# Aim of the exercise
Among the entries that follow, count the lines that contain the word "Whether" and say how many there are, writing nothing else.

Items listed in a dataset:
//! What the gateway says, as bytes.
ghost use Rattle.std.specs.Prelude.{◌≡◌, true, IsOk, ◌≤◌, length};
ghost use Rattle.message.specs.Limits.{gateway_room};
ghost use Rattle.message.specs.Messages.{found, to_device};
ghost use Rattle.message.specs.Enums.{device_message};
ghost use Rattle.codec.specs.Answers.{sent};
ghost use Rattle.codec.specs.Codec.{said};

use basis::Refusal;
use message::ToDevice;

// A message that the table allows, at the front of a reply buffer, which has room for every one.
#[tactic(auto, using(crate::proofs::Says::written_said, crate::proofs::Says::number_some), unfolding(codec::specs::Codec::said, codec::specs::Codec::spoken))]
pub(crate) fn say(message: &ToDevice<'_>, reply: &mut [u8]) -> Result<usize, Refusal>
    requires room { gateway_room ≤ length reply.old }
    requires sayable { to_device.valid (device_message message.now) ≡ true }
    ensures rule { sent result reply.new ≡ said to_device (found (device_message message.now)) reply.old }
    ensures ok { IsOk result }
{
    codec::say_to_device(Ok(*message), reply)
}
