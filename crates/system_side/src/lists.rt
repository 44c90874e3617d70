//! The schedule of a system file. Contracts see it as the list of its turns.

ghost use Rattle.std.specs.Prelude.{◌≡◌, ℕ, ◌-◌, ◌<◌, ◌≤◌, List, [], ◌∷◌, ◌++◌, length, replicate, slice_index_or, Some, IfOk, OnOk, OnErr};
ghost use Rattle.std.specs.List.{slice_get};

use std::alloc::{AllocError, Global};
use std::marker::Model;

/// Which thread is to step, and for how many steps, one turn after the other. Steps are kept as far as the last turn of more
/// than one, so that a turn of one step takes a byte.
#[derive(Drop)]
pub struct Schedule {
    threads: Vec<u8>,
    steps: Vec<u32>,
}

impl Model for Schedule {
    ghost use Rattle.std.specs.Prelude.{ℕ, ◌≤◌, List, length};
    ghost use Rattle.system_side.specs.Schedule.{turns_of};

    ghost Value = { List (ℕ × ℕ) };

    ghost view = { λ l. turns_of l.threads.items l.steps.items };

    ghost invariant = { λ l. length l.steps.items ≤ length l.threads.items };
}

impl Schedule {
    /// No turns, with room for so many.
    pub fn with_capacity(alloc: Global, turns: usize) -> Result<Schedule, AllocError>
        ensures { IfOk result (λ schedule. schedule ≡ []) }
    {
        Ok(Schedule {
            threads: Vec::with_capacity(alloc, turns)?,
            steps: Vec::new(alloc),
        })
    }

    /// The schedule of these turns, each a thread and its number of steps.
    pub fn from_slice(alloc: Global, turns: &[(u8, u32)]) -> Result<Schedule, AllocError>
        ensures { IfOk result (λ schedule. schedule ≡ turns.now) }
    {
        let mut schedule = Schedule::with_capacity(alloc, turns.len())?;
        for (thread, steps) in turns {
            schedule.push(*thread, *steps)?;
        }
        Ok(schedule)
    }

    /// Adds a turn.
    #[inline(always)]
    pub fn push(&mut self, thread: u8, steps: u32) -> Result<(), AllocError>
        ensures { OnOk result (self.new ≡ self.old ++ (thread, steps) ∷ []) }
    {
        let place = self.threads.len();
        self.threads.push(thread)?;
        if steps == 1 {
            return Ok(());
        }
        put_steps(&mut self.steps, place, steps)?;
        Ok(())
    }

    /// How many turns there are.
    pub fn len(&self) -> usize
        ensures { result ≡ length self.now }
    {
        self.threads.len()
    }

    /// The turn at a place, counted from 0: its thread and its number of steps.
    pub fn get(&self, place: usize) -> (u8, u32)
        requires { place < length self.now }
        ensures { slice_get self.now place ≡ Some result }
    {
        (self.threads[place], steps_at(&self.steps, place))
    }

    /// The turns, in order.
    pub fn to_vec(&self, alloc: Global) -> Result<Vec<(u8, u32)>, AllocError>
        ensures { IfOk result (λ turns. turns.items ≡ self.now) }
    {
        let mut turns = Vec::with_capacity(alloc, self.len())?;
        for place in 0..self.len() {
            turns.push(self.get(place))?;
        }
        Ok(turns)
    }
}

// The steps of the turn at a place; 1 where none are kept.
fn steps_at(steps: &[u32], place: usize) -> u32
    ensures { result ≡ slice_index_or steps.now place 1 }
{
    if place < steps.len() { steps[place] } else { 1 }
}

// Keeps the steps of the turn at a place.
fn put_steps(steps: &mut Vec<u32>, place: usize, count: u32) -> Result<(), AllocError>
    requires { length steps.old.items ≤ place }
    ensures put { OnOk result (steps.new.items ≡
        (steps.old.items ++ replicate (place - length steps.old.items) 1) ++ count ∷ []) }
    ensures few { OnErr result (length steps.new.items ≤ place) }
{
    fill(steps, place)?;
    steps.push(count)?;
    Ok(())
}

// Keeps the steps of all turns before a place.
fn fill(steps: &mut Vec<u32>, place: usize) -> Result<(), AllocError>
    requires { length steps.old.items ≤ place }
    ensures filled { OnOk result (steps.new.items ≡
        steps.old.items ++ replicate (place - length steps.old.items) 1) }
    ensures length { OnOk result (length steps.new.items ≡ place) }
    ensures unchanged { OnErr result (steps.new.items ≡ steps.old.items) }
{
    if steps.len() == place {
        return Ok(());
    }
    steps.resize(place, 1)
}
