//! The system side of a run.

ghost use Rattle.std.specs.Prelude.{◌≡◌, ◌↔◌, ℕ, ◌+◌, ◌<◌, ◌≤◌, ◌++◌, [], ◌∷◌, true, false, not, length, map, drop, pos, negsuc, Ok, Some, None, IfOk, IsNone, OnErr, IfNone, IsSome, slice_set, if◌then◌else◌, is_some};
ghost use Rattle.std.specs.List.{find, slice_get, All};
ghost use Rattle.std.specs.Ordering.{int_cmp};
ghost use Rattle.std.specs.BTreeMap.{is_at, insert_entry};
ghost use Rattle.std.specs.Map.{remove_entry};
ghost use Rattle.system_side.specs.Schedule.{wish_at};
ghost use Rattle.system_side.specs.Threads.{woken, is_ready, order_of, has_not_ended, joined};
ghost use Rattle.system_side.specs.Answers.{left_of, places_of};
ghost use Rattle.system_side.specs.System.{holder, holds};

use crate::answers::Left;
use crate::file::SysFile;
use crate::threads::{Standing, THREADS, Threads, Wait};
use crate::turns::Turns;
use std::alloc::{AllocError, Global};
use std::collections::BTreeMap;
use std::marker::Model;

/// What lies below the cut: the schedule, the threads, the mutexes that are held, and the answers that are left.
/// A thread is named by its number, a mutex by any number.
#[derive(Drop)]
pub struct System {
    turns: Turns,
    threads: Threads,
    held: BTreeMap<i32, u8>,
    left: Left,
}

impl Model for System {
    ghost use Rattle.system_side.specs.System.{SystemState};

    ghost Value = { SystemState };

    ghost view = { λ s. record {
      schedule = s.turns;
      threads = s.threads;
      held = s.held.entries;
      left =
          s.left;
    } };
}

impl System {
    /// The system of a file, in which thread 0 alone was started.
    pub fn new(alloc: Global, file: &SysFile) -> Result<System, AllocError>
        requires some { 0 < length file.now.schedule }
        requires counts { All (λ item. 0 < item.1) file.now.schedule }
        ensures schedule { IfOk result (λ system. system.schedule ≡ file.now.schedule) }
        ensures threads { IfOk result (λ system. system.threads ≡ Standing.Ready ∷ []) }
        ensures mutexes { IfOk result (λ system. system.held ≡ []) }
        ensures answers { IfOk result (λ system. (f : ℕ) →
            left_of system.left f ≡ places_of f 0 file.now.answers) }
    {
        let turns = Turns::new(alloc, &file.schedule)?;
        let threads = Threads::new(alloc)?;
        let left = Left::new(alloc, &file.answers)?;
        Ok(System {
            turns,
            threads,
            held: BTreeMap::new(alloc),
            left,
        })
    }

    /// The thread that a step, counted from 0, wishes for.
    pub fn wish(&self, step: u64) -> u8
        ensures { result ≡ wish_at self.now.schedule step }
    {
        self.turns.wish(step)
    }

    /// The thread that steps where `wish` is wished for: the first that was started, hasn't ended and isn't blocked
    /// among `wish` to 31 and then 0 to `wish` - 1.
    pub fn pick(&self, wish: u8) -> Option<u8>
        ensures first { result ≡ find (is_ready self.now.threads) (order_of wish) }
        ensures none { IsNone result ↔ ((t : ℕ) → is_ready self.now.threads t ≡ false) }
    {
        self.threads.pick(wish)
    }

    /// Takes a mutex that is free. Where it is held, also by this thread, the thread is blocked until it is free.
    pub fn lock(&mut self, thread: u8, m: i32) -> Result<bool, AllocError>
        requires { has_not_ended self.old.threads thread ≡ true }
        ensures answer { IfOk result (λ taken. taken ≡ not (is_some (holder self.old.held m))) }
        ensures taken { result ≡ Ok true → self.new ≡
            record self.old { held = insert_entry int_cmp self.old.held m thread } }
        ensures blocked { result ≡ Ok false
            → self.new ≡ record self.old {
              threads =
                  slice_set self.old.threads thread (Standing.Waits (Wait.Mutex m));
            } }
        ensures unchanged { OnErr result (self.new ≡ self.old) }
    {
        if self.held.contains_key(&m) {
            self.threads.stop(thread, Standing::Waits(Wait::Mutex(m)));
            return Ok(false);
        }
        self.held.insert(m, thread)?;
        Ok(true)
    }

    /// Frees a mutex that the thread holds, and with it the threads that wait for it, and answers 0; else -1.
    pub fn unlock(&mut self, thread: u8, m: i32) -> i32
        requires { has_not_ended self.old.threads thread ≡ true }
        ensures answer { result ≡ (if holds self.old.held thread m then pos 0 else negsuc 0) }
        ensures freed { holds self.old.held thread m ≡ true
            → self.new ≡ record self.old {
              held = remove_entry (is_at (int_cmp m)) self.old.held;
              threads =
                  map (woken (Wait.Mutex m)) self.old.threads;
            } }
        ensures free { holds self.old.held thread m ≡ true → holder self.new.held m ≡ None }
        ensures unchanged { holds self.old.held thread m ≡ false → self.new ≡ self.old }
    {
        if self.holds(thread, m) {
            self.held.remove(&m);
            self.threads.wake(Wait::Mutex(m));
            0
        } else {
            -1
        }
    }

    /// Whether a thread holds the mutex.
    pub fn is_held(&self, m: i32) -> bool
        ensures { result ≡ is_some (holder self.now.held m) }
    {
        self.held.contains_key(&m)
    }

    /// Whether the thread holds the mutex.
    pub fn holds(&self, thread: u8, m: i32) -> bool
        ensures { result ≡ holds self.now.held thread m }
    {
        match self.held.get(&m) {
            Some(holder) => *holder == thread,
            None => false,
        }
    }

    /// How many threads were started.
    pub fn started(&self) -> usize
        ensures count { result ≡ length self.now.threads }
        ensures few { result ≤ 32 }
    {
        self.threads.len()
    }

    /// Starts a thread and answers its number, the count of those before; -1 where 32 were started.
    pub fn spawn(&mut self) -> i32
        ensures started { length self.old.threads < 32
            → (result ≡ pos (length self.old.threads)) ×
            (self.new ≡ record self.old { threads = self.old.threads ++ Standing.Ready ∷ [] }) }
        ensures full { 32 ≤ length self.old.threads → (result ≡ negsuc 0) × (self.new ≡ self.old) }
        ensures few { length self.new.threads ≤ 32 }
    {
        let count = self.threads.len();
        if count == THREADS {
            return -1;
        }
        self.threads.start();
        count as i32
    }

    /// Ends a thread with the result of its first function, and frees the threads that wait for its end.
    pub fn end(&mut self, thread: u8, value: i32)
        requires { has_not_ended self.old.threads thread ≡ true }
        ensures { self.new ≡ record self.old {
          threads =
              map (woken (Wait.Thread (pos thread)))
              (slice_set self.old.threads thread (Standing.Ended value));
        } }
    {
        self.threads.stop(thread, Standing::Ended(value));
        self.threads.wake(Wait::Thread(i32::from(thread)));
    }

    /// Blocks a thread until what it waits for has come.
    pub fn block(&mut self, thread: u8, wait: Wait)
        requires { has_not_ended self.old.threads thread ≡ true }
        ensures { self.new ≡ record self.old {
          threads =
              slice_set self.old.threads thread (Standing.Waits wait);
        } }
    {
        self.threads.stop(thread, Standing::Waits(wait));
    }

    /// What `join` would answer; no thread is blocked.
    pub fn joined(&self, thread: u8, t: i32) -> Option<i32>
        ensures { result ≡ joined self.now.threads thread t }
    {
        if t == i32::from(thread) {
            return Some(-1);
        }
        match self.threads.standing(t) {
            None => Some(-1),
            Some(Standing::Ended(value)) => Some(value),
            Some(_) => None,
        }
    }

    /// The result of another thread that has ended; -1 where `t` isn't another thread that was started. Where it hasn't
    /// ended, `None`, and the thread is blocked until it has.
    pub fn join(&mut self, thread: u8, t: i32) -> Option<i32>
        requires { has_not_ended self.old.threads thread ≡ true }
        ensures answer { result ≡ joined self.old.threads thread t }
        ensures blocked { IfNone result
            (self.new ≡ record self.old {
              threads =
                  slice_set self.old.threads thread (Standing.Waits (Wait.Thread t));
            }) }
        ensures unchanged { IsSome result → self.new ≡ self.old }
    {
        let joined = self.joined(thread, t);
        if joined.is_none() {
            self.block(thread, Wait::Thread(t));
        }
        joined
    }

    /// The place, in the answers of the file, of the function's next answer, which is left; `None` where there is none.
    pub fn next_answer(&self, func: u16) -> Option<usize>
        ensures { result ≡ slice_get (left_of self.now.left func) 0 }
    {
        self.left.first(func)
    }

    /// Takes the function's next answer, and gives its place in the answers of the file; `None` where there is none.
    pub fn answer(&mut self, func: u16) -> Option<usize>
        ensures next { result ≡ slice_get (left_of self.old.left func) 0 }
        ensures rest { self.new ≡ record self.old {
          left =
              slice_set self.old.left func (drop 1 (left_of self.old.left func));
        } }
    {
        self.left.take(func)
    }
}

...

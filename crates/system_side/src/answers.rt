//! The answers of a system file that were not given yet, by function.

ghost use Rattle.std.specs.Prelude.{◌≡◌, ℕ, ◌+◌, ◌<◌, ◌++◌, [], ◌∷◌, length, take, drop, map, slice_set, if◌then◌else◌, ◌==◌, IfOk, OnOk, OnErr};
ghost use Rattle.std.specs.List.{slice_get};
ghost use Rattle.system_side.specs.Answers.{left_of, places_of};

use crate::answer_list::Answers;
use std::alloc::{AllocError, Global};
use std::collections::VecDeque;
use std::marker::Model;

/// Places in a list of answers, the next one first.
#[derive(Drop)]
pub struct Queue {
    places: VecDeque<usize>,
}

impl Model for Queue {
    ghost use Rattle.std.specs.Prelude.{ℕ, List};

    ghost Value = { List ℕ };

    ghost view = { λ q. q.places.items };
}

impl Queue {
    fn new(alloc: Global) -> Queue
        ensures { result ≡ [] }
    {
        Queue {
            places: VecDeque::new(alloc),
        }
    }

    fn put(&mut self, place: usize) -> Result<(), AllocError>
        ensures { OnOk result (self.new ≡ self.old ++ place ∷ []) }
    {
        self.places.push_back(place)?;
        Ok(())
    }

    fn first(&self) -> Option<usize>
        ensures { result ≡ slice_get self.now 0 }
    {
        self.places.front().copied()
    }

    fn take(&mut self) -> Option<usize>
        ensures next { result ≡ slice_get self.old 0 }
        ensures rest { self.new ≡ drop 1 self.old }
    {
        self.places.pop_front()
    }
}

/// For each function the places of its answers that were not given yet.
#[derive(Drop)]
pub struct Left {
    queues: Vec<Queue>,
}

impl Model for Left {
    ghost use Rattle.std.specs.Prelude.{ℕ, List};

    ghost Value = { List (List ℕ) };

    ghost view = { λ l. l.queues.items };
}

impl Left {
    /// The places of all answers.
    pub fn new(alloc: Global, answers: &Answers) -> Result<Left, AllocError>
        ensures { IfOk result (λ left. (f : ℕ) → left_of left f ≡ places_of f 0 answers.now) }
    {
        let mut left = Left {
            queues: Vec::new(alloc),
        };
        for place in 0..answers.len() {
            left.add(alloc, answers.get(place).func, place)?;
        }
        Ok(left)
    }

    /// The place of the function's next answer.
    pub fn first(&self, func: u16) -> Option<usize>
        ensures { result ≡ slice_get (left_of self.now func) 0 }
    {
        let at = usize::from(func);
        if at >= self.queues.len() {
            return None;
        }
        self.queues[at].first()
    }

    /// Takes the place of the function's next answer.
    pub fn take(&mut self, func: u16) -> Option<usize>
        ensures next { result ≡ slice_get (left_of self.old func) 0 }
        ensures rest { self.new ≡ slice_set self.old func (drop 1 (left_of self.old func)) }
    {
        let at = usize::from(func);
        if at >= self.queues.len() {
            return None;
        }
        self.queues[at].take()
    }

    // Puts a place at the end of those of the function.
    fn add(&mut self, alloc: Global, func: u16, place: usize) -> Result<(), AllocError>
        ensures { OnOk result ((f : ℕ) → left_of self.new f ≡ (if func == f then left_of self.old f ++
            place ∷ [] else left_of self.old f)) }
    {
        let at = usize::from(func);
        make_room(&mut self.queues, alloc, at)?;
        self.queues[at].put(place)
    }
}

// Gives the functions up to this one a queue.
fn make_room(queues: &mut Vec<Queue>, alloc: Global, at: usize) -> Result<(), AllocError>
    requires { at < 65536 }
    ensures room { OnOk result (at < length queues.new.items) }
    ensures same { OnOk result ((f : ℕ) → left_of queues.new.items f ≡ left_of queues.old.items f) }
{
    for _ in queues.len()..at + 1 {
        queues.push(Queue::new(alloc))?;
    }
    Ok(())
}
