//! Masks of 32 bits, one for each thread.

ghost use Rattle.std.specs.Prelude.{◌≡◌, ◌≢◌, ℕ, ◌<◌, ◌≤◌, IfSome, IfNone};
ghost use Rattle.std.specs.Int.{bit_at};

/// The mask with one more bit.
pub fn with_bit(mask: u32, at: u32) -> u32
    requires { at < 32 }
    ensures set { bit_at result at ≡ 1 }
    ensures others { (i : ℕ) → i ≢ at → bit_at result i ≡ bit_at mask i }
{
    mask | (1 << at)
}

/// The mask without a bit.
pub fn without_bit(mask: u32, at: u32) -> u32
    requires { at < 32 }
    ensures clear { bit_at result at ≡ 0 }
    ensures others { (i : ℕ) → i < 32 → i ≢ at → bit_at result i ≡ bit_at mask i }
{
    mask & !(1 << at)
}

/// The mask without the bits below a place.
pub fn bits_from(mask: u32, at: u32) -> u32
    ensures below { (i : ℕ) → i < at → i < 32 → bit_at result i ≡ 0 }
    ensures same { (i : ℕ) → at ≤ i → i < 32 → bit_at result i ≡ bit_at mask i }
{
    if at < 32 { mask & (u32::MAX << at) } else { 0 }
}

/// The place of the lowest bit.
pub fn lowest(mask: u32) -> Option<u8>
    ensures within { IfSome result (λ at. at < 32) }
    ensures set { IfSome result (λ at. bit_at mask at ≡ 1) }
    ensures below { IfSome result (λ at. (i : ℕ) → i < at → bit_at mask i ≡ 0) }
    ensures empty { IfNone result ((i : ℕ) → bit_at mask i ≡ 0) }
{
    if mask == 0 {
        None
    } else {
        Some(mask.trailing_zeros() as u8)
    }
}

# Answer
2